One important difference between those appointed to commissions and those who are appointed to departments is their tenure. Department heads and other appointees can be removed by the president and usually leave when a new administration takes over. In contrast, commission members serve fixed terms and, except in a few bodies, cannot be removed by the president. This gives commission members the power to impact policy even after an administration is out of office. For certain commissions, including FERC and the SEC, the president’s party can appoint up to three of the five members of the commission, and the President designates the commission’s chair.
Outside of agency and commission appointees, the president also chooses the delegations that go to international conferences like COP. Their presence and activities send a strong signal about America’s willingness to address the issue going forward and how we hope to shape what comes out of the event. For example, during his tenure president Trump has used this opportunity to send a delegation that advocates for the use of coal and natural gas.
Here Comes the Judge
In recent years there has been an increase in climate policy related cases. We have seen states and localities suing companies for responsibility on climate change, people suing the U.S. government for not taking enough action to deal with climate change and states challenging actions by the federal government. Some of the main issues in these cases include who, if anyone, can be held responsible for carbon emissions, who should pay for problems caused by climate change, and what constitutes legal standing in climate related cases.
Although the Judiciary is an independent branch of the U.S. government it is an area that the President can shape through appointments. Since 1980, U.S. Presidents have, on average, appointed 182 federal judges out of 809 positions. During this same period, they have been able to nominate two judges on average for the Supreme Court. Given the courts’ current split, and the recent abolition of the filibuster for appointing judges the next four years could greatly reshape U.S. legal precedent for regulating and addressing climate change.
While it is impossible to predict exactly who a president will appoint, and how they will rule once they are on the bench, it seems that one might infer that an administration in favour of climate action will more likely nominate people who share their view on the role and scope of the law when it comes addressing this issue. Conversely, an administration hostile to climate action will likely look for appointees who take a view of the law that steers the court toward a narrow reading and application of the law on issues like climate policy.

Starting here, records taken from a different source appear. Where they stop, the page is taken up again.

ghost use Rattle.barline_follow.specs.Answer.{IsAnswer};
ghost use Rattle.barline_follow.specs.Trial.{HasBuiltSomeToFollow, HasBuiltToFollow, IsBackAgain};
ghost use Rattle.std.specs.Prelude.{◌≡◌, ◌+◌, ◌*◌, ◌≤◌, IfOk, OnOk, nat_le};

use crate::script::follow_script;
use crate::search::best_barlines;
use crate::trial::try_edits;
use carry_matrix::Steps as Products;
use edit_session::Session;
use least_cost::Steps as Builds;
use rhythm_base::{Edit, Tag};
use rhythm_ports::{Gate, Means};
use std::alloc::AllocError;
use std::thread::Threads;

/// A cost and the prices are at most seven tenths of the cost before.
fn gains(cost: u64, prices: u64, before: u64) -> bool
    ensures { result ≡ nat_le (10 * (cost + prices)) (7 * before) }
{
    10 * (u128::from(cost) + u128::from(prices)) <= 7 * u128::from(before)
}

/// The edit script that moves the barlines of a session to where the player's are, tried on the session, which is as before
/// afterwards. It is empty where nothing better is found, where too little is gained, and where one of its lines is refused.
pub fn follow<R: Threads + Sync, G: Gate + Sync, B: Tag, P: Tag>(
    means: &Means<'_, R, G>,
    session: &mut Session,
    builds: &mut Builds<B>,
    products: &mut Products<P>,
) -> Result<Vec<Edit>, AllocError>
    ensures again { IsBackAgain session.old session.new }
    ensures answer { IfOk result (λ v. IsAnswer session.old.grammar session.old.performance v.items) }
    ensures builds { OnOk result (HasBuiltToFollow session.old builds.old builds.new) }
    ensures most { HasBuiltSomeToFollow session.old builds.old builds.new }
    ensures products { products.old ≤ products.new }
{
    let grammar = session.grammar();
    let performance = session.performance();
    let workers = session.workers();
    let before = session.cost();
    let best = best_barlines(means, grammar, performance, workers, builds)?;
    let Some(best) = best else {
        return Ok(Vec::new(means.alloc));
    };
    if !gains(best.cost(), best.prices(), before) {
        return Ok(Vec::new(means.alloc));
    }
    let script = follow_script(means.alloc, session.performance(), best.ticks())?;
    let lines = script.as_slice();
    let tried = try_edits(means, session, lines, builds, products)?;
    if tried.is_none() {
        return Ok(Vec::new(means.alloc));
    }
    Ok(script)
}
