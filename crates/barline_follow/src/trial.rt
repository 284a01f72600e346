ghost use Rattle.barline_follow.specs.Script.{IsOfBars};
ghost use Rattle.barline_follow.specs.Trial.{
  AreAllMade,
  HasReachedInTurn,
  HasReachedSomeInTurn,
  IsBackAgain,
  IsCostAfter,
  IsRoomier,
  IsTriedEdit,
  IsUnmade,
  KeptLeadBack,
};
ghost use Rattle.edit_session.specs.Products.{RisesOnOk};
ghost use Rattle.rhythm_base.specs.EditRanges as edits;
ghost use Rattle.rhythm_base.specs.Performance.{Performance};
ghost use Rattle.std.specs.Prelude.{◌≡◌, ◌≤◌, [], ◌∷◌, IfOk, OnErr, OnOk, false, true};

use carry_matrix::Steps as Products;
use edit_session::{Prepared, Session};
use least_cost::Steps as Builds;
use rhythm_base::{Edit, EditFault, LATEST_TICK, MOST_BARS, Tag};
use rhythm_ports::{Gate, Means};
use std::alloc::AllocError;
use std::thread::Threads;

/// An edit of bars is in range.
fn is_in_range(edit: &Edit) -> bool
    ensures yes { result ≡ true → edits.IsEditInRange edit.now }
    ensures no { result ≡ false → IsOfBars edit.now → edits.IsEditInRange edit.now → ⊥ }
{
    match edit {
        Edit::Barline { bar, tick } => *bar <= MOST_BARS && *tick <= LATEST_TICK,
        Edit::AddBar | Edit::DropBar => true,
        _ => false,
    }
}

/// Makes an edit and says the way back; none where it is refused, and the session stands where it stood.
fn make<R: Threads + Sync, G: Gate + Sync, B: Tag, P: Tag>(
    means: &Means<'_, R, G>,
    session: &mut Session,
    edit: &Edit,
    builds: &mut Builds<B>,
    products: &mut Products<P>,
) -> Result<Option<Prepared>, AllocError>
    ensures kept { IsRoomier session.old session.new }
    ensures tried { IfOk result (IsTriedEdit session.old edit.now session.new) }
    ensures memory { OnErr result (IsUnmade session.old edit.now session.new) }
    ensures reached { OnOk result (HasReachedInTurn session.old (edit.now ∷ []) builds.old builds.new) }
    ensures most { HasReachedSomeInTurn session.old (edit.now ∷ []) builds.old builds.new }
    ensures products { RisesOnOk result products.old products.new }
{
    // What this says of the performance shows that the session can be put back.
    let _before = session.performance();
    if !is_in_range(edit) {
        return Ok(None);
    }
    match session.make_edit(means, edit, builds, products) {
        Ok(made) => Ok(Some(made.back)),
        Err(fault) => match fault {
            EditFault::Memory => Err(AllocError),
            _ => Ok(None),
        },
    }
}

/// Makes the edits in turn up to one that is refused, and says whether all are made. The ways back are kept, the last one last.
fn make_all<R: Threads + Sync, G: Gate + Sync, B: Tag, P: Tag>(
    means: &Means<'_, R, G>,
    session: &mut Session,
    script: &[Edit],
    backs: &mut Vec<Prepared>,
    builds: &mut Builds<B>,
    products: &mut Products<P>,
) -> Result<bool, AllocError>
    requires { backs.old.items ≡ [] }
    ensures kept { IsRoomier session.old session.new }
    ensures back { KeptLeadBack session.new backs.new.items session.old.performance }
    ensures made { IfOk result (AreAllMade session.old script.now session.new) }
    ensures reached { OnOk result (HasReachedInTurn session.old script.now builds.old builds.new) }
    ensures most { HasReachedSomeInTurn session.old script.now builds.old builds.new }
    ensures products { products.old ≤ products.new }
{
    'edits: for edit in script {
        backs.reserve(1)?;
        match make(means, session, edit, builds, products)? {
            None => return Ok(false),
            Some(back) => backs.push(back).unwrap(),
        }
    }
    Ok(true)
}

/// Puts the session back on what it was, over these steps, the last of them first.
fn take_all_back<P: Tag>(
    session: &mut Session,
    mut backs: Vec<Prepared>,
    products: &mut Products<P>,
)
    requires { (start : Performance) × KeptLeadBack session.old backs.items start }
    ensures grammar { session.new.grammar ≡ session.old.grammar }
    ensures room { session.new.room ≡ session.old.room }
    ensures performance { (start : Performance) → KeptLeadBack session.old backs.items start
        → session.new.performance ≡ start }
    ensures products { products.old ≤ products.new }
{
    'backs: while let Some(back) = backs.pop() {
        session.take_back(back, products);
    }
}

/// What the performance costs after these edits, where each is accepted in its turn; else none. Afterwards the session is as before.
pub fn try_edits<R: Threads + Sync, G: Gate + Sync, B: Tag, P: Tag>(
    means: &Means<'_, R, G>,
    session: &mut Session,
    script: &[Edit],
    builds: &mut Builds<B>,
    products: &mut Products<P>,
) -> Result<Option<u64>, AllocError>
    ensures again { IsBackAgain session.old session.new }
    ensures cost { IfOk result (IsCostAfter session.old script.now) }
    ensures reached { OnOk result (HasReachedInTurn session.old script.now builds.old builds.new) }
    ensures most { HasReachedSomeInTurn session.old script.now builds.old builds.new }
    ensures products { products.old ≤ products.new }
{
    let mut backs = Vec::new(means.alloc);
    let made = make_all(means, session, script, &mut backs, builds, products);
    let cost = session.cost();
    take_all_back(session, backs, products);
    Ok(if made? { Some(cost) } else { None })
}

Given its powers and authority, if America is to implement economy-wide limits on carbon emissions or other broad measures to deal with climate change the U.S. Congress will have to pass legislation. Over the years Congress has proved to be a place where climate change legislation, despite bipartisan backing and public support, has failed. Efforts in 2008 and 2010 to pass cap and trade legislation made it through the U.S. House of Representatives only to fail in the Senate because of barriers like the filibuster.
Whether the next Congress will take up climate change in 2021, and in what way, will not be settled until after this year’s election. In the meantime, we do know that if the president is serious about this issue there are things that they can do that will have an impact on policy for years to come. The question is, will the president be willing to do them?